Playwright Oleksii Kolomiiets (1919-1994) was a leading Soviet Ukrainian dramatist of the 1960s, 1970s, and 1980s. He was born in Kharkivisi, now in Lokhvytsia Raion in Poltava Oblast. After the Second World War, he worked for several years as a Komsomol functionary and a magazine and newspaper editor until 1960. Kolomiiets began publishing short stories in various periodicals in 1953, and in 1960, his first collection, Bila krynytsia (The White Well), appeared. He also began writing plays, His first play, Faraony (The Pharaohs, 1961), was performed in theatres in Ukraine and in Russia. It was a major theatrical success - in the 1965-66 season alone, it was seen on stage by a quarter of a million people and was also shown on Soviet television. The play was also translated into numerous languages of the USSR and satellite countries. After the success of Faraony, Kolomiiets devoted himself solely to playwriting and wrote twenty plays including Spasyb/ (labi, moie kokhannia (Thank You, My Love 1966), Holubi oleni (Azure Deer, 1973), Sribnu juivulyna (The Silver Spiderweb, 1977), Dykyi anhel (Wild Angel, 1978), and Hrad kniaela Kyia (the City of Prince Kyi, 1981). He received several literary awards, including the Ukrainian SSR State Prize (1977) and the Korniichuk Prize (1986).

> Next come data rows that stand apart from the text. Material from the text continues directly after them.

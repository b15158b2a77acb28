// An accepted input, and its parts.
#![tactic(auto)]

ghost use Rattle.std.specs.Prelude.{◌≡◌, IfOk, length};
ghost use Rattle.refusal.specs.Refusal.{refusal_of};
ghost use Rattle.stream.specs.Stream.{
  calls_at,
  chance_words,
  check_of,
  layout_of,
  machine_table,
  state_table,
  transition_table,
  value_words,
};
ghost use Rattle.stream.specs.Within.{Ordered};

use super::{HEADER_WORDS, Layout, check, parts};
use machine::tables::Tables;
use refusal::Refusal;

// Words that the check accepts, and where their parts start.
#[derive(Clone, Copy)]
pub struct Input<'a> {
    pub words: &'a [u64],
    layout: Layout,
    pub ghost accepted: { check_of words.now ≡ 0 },
    pub ghost laid_out: { layout ≡ layout_of words.now },
    pub ghost inside: { Ordered layout (length words.now) },
}

impl<'a> Input<'a> {
    // The words, where the check accepts them.
    pub fn of(words: &'a [u64]) -> Result<Input<'a>, Refusal>
        ensures answer { refusal_of result ≡ check_of words.now }
        ensures same { IfOk result (λ input. input.words.now ≡ words.now) }
    {
        check(words)?;
        Ok(Input::accepted(words))
    }

    // Words that were accepted before.
    pub fn accepted(words: &'a [u64]) -> Input<'a>
        requires { check_of words.now ≡ 0 }
        ensures { result.words.now ≡ words.now }
    {
        Input {
            words,
            layout: parts(words),
        }
    }

    // The machine table, the state table and the transition table.
    #[tactic(auto, unfolding(crate::specs::Stream::machine_table, crate::specs::Stream::states_at))]
    pub fn machines(&self) -> &'a [u64]
        ensures { result.now ≡ machine_table self.now.words.now }
    {
        &self.words[HEADER_WORDS..self.layout.states]
    }

    #[tactic(auto, unfolding(crate::specs::Stream::state_table, crate::specs::Stream::transitions_at))]
    pub fn states(&self) -> &'a [u64]
        ensures { result.now ≡ state_table self.now.words.now }
    {
        &self.words[self.layout.states..self.layout.transitions]
    }

    #[tactic(auto, unfolding(crate::specs::Stream::transition_table, crate::specs::Stream::chances_at))]
    pub fn transitions(&self) -> &'a [u64]
        ensures { result.now ≡ transition_table self.now.words.now }
    {
        &self.words[self.layout.transitions..self.layout.chances]
    }

    // The three as what a call is lent.
    pub fn tables(&self) -> Tables<'a>
        ensures machines { result.machines.now ≡ machine_table self.now.words.now }
        ensures states { result.states.now ≡ state_table self.now.words.now }
        ensures transitions { result.transitions.now ≡ transition_table self.now.words.now }
    {
        Tables {
            machines: self.machines(),
            states: self.states(),
            transitions: self.transitions(),
        }
    }

    // The words of the chance draws and of the value draws.
    #[tactic(auto, unfolding(crate::specs::Stream::chance_words, crate::specs::Stream::values_at))]
    pub fn chances(&self) -> &'a [u64]
        ensures { result.now ≡ chance_words self.now.words.now }
    {
        &self.words[self.layout.chances..self.layout.values]
    }

    #[tactic(auto, unfolding(crate::specs::Stream::value_words, crate::specs::Stream::calls_at))]
    pub fn values(&self) -> &'a [u64]
        ensures { result.now ≡ value_words self.now.words.now }
    {
        &self.words[self.layout.values..self.layout.calls]
    }

    // Where the first call starts.
    pub fn first_call(&self) -> usize
        ensures { result ≡ calls_at self.now.words.now }
    {
        self.layout.calls
    }
}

Translator Bohdan Boychuk was born in 1927 in the village of Bortnyky, Buchach county, Galicia. He was a poet, cofounder and member of the New York Group, writer, literary critic, and translator. He was also a foreign slave worker in Nazi Germany, and a postwar refugee, living in displaced persons camps in Germany until 1949, when he immigrated to the United States and settled in New York. An active member of the Ukrainian émigré cultural community, he was cofounder and coeditor of the New York Group's serial publication Novi poeziï and the main organizer of the group's publishing house. He was also an editor of literature (between 1961 and 1973) of the journal Suchasnist, and a cofounder and coeditor of the literary journal Svito-vyd in Kyiv (1990-99). Boychuk's published modernist poetry, strongly influenced by the philosophy of Existentialism, includes Chas boliu (The Time of Pain, 1957), the long poem Zemlia bula pustoshnia (The Earth Was a Wasteland, 1959), Spomyny liubovy (Memories of Love, 1963), Virshi dlia Mekhiko (Poems for Mexico, 1964), Mandrivka til (The Journey of Bodies, 1967), Podorozh z uchytelem (Travels with the Teacher, 1976), Virshi, vybrani i peredostanni (Poems, Selected and Next to the Last, 1983), Tretia osin' (Third Autumn, 1991), and Kyivs'ki ekslibrysy (Kyiv Ex-Librises, 2006). A two volume edition of his selected poetry was published in Kyiv in 2007. His prose works include Dvi zhinky Al'berta (Albert's Two Women, 2002), Try romany (Three Novels, 2004), Nad sakral'nym ozerom (At the Sacred Lake, 2006), and Moï feministky (My Feminists, 2011). He is also the author of Dvi dramy (Two Dramas, 1968) and a memoir Spomyny v biohrafiï (Memoirs within a Biography, 2003). He also edited several anthologies and books of Ukrainian poetry. He died on 10 February 2017 in Kyiv.